Work task: Comb the records below for the string "return" and copy each line where it turns up.

Start of Record set

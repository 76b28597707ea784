// What was lent for a book, once it is checked.
ghost use Rattle.std.specs.Prelude.{◌≡◌, ◌≤◌, length};

use measures::Measure;
use theory::{Entry, Redraw};

/// Lent slices of the right lengths for a book of so many sheets. Whoever writes one down owes the lengths, which `check` answers for.
#[derive(Drop)]
pub struct Checked<'r, 't, 's, 'w, 'm, M: Measure> {
    // Five slices and no one struct of strips: each strip is lent on its own, by the rules of the book.
    /// The redraws will stand here.
    pub register: &'r mut [Redraw],
    /// The entries of the table will stand here.
    pub table: &'t mut [Entry<M>],
    /// The next table will be built here.
    pub spare: &'s mut [Entry<M>],
    /// A place for each sheet.
    pub work: &'w mut [M],
    /// A place for each sheet.
    pub marks: &'m mut [u8],
    /// How many sheets there are.
    pub sheets: u16,
    ghost some_sheets: { 1 ≤ sheets },
    ghost few_sheets: { sheets ≤ 1024 },
    ghost few_redraws: { length register.now ≤ 16384 },
    ghost few_entries: { length table.now ≤ 65536 },
    ghost spare_same: { length spare.now ≡ length table.now },
    ghost work_same: { length work.now ≡ sheets },
    ghost marks_same: { length marks.now ≡ sheets },
}
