// Enter and clear: the calls that open the book.
ghost use Rattle.std.specs.Prelude.{◌≡◌, Some, MatchResult};
ghost use Rattle.theory.specs.Books.{enter as enter_call, clear as clear_call, cleared, enter_answer, enter_refusal};
ghost use Rattle.book.specs.Views.{view, Called, SameSlices};
ghost use Rattle.book.specs.Entering.{Admitted};

use crate::book::Book;
use crate::phase::{Taken, advance};
use measures::Measure;
use tables::blank_entry;
use theory::{Redraw, RedrawNumbers, Refusal};

/// The most minutes of a redraw.
const MOST_MINUTES: u32 = 65535;

/// The cleanest line grade.
// It bounds the number that comes in; `CLEANEST` of measures is the value of the empty chain.
const CLEANEST_GRADE: u32 = 5;

impl<'r, 't, 's, 'w, 'm, M: Measure> Book<'r, 't, 's, 'w, 'm, M> {
    /// The redraw that an enter gives, if it may stand in a register of the book.
    fn admit(&self, asked: RedrawNumbers) -> Result<Redraw, Refusal>
        ensures { MatchResult result (λ d. Admitted (view self.now) asked.from asked.to asked.minutes asked.grade d) (λ e. enter_refusal (view self.now) asked.from asked.to asked.minutes asked.grade ≡ Some e) }
    {
        let (from, to) = self.pair(asked.from, asked.to)?;
        if from == to {
            return Err(Refusal::SameSheet);
        }
        if !(1..=MOST_MINUTES).contains(&asked.minutes) {
            return Err(Refusal::Minutes);
        }
        if !(1..=CLEANEST_GRADE).contains(&asked.grade) {
            return Err(Refusal::Grade);
        }
        // Tested above, so that `as` cuts nothing.
        Ok(Redraw {
            from,
            to,
            minutes: asked.minutes as u16,
            grade: asked.grade as u8,
        })
    }

    /// Enters a redraw, empties the table and opens the book; answers the number of redraws held.
    pub fn enter(&mut self, asked: RedrawNumbers) -> Result<u32, Refusal>
        ensures called { Called M.Measure.meaning self.old (enter_call asked.from asked.to asked.minutes asked.grade) (enter_answer result) self.new }
        ensures slices { SameSlices self.old self.new }
    {
        let redraw = self.admit(asked)?;
        self.register
            .push(redraw)
            .map_err(|_| Refusal::RegisterFull)?;
        self.table.truncate(0, blank_entry());
        advance(&mut self.phase, Taken::Enter);
        let held = self.register.items().len();
        Ok(u32::try_from(held).unwrap_or(u32::MAX))
    }

    /// Empties the table and opens the book; never refused.
    pub fn clear(&mut self)
        ensures called { Called M.Measure.meaning self.old clear_call cleared self.new }
        ensures slices { SameSlices self.old self.new }
    {
        self.table.truncate(0, blank_entry());
        advance(&mut self.phase, Taken::Clear);
    }
}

End of Record set

Output of the task:
            return Err(Refusal::SameSheet);
            return Err(Refusal::Minutes);
            return Err(Refusal::Grade);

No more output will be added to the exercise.